Keeping Up With the Creationists, Vol. I, Issue 3: Special Nye Smoked Ham Edition

I’ll admit, I thought Bill Nye was making a huge mistake when he agreed to debate Ken Ham. I thought this would be a fiasco when I found out he’d agreed to debate Ken at Ken’s own Creation Museum, with only Answers in Genesis putting out DVDs, and when it seemed like only creationists were getting in the doors. And I’m still not happy this stunt will pull in some dollars for that epic fail of an organization. But to go on the creationists’ own turf, and still hand Ken Ham his ass in a sling, that’s some serious good-for-science there.

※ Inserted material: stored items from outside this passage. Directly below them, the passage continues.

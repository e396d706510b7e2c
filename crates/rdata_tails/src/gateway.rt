//! Gateways of IPSECKEY that are not names (RFC 4025 section 2.5).
ghost use Rattle.std.specs.Prelude.{◌≡◌, OnOk, OnErr, IsOk, Some};
ghost use Rattle.std.specs.Net.Addr.{IsIpv6Addr};
ghost use Rattle.rdata_values.specs.Kind.{ReadsKind};
ghost use Rattle.rdata_values.specs.declared.error.ErrorKind.TheVariants.{ExpectedGateway};
ghost use Rattle.rdata_tails.specs.Gateways.{Composes, GatewayFits, SpellsGateway, gateway_octets, gateway_text, gateway_type, IsGateway, FindsGateway, GatewaysAreRead};
ghost use Rattle.rdata_tails.specs.declared.gateway.Gateway.TheVariants.{Ipv6};

use crate::apl::{padded4, padded16};
use dns_octets::{OctetsBuilder, ShortBuf};
use rdata_values::ErrorKind;
use rdata_values::addresses::{Ipv6Shown, ipv4_from_text, ipv6_from_text};
use std::fmt;
use std::net::{Ipv4Addr, Ipv6Addr};

/// A gateway of type 0, 1 or 2. A gateway of type 3 is a name, which the caller parses.
#[derive(Clone, Copy)]
pub enum Gateway {
    Nothing,
    Ipv4(Ipv4Addr),
    Ipv6(Ipv6Addr),
}

/// Returns an IPv6 address as a gateway.
fn at_ipv6(address: Ipv6Addr) -> Gateway
    ensures value { result ≡ Ipv6 address }
    ensures valid { IsIpv6Addr address }
{
    Gateway::Ipv6(address)
}

/// Returns the IPv4 address of four octets as a gateway.
fn at_octets4(octets: &[u8; 4]) -> Gateway
    ensures valid { IsGateway result }
    ensures number { gateway_type result ≡ 1 }
    ensures octets { gateway_octets result ≡ octets.now }
{
    Gateway::Ipv4(Ipv4Addr::from_octets(*octets))
}

/// Returns the IPv4 address that octets begin with.
fn first_ipv4(octets: &[u8]) -> Option<Gateway>
    ensures { FindsGateway 1 octets.now result }
{
    if octets.len() < 4 {
        return None;
    }
    let front = padded4(&octets[..4]);
    Some(at_octets4(&front))
}

/// Returns the IPv6 address of sixteen octets as a gateway.
fn at_octets16(octets: &[u8; 16]) -> Gateway
    ensures valid { IsGateway result }
    ensures number { gateway_type result ≡ 2 }
    ensures octets { gateway_octets result ≡ octets.now }
{
    at_ipv6(Ipv6Addr::from_octets(*octets))
}

/// Returns the IPv6 address that octets begin with.
fn first_ipv6(octets: &[u8]) -> Option<Gateway>
    ensures { FindsGateway 2 octets.now result }
{
    if octets.len() < 16 {
        return None;
    }
    let front = padded16(&octets[..16]);
    Some(at_octets16(&front))
}

impl Gateway {
    /// Parses a gateway of a type: `.` of type 0, an IPv4 address of type 1, and an IPv6 address of
    /// type 2. Fails with `ExpectedGateway` for any other text.
    pub fn from_text(number: u8, text: &[u8]) -> Result<Gateway, ErrorKind>
        ensures { ReadsKind (SpellsGateway number) ExpectedGateway text.now result }
    {
        match number {
            0 if text == b".".as_slice() => Ok(Gateway::Nothing),
            1 => match ipv4_from_text(text) {
                Ok(address) => Ok(Gateway::Ipv4(address)),
                Err(_) => Err(ErrorKind::ExpectedGateway),
            },
            2 => match ipv6_from_text(text) {
                Ok(address) => Ok(at_ipv6(address)),
                Err(_) => Err(ErrorKind::ExpectedGateway),
            },
            _ => Err(ErrorKind::ExpectedGateway),
        }
    }

    /// Returns the gateway of a type that octets begin with.
    pub fn from_octets(number: u8, octets: &[u8]) -> Option<Gateway>
        ensures { FindsGateway number octets.now result }
    {
        match number {
            0 => Some(Gateway::Nothing),
            1 => first_ipv4(octets),
            2 => first_ipv6(octets),
            _ => None,
        }
    }

    /// Returns the type of the gateway.
    pub fn number(&self) -> u8
        ensures { result ≡ gateway_type self.now }
    {
        match self {
            Gateway::Nothing => 0,
            Gateway::Ipv4(_) => 1,
            Gateway::Ipv6(_) => 2,
        }
    }

    /// Appends the gateway in wire format. On an error, the target is unchanged.
    pub fn compose<B: OctetsBuilder>(&self, target: &mut B) -> Result<(), ShortBuf>
        ensures ok { OnOk result (Composes self.now (B.octets target.old) (B.octets target.new)) }
        ensures err { OnErr result (B.octets target.new ≡ B.octets target.old) }
        ensures fits { GatewayFits B.room self.now (B.octets target.old) → IsOk result }
    {
        match self {
            Gateway::Nothing => target.append_slice(&[]),
            Gateway::Ipv4(address) => target.append_slice(&address.octets()),
            Gateway::Ipv6(address) => target.append_slice(&address.octets()),
        }
    }
}

impl fmt::Display for Gateway {
    ghost output = { λ g. Some (gateway_text g) };

    fn fmt<W: fmt::Write>(&self, f: &mut fmt::Formatter<W>) -> fmt::Result {
        match self {
            Gateway::Nothing => f.write_str("."),
            Gateway::Ipv4(address) => write!(f, "{address}"),
            Gateway::Ipv6(address) => write!(f, "{}", Ipv6Shown(*address)),
        }
    }
}

/// States that a gateway that is printed and parsed, or appended and decoded, is the same gateway.
/// Does nothing.
pub fn gateways_are_read_back()
    ensures { GatewaysAreRead }
{}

No, Bill probably didn’t convince anyone who isn’t already convinced. But we don’t aim this stuff at the people who have their minds set in stone (although even those minds may form a tiny stress fracture that will, with further weathering from gentle rains of science freezing and thawing in that tiny crack, break the whole thing open). When we take on creationists, whether it’s through a debate like this, or by fisking Christianist textbooks, or ripping their supposed science to shreds in blog posts, we’re aiming at the people on the fence – and some of them will get knocked right off that comfy perch. We’re handing information over to people who know creationism is wrong, but not why that’s important, or how to present the truth to others who don’t know it. And we’re doing it in an entertaining fashion that will get people who maybe aren’t passionate about science completely hooked. Watching scientists take on creationists was one of my gateway drugs, you know – I probably wouldn’t be a science blogger today if it hadn’t been for Barbara Forrest and PZ Myers and others showing me why it’s important to know this stuff, then showing me how amazing science actually is.

And this debate, my darlings, appears to have hit the target nearly dead-center.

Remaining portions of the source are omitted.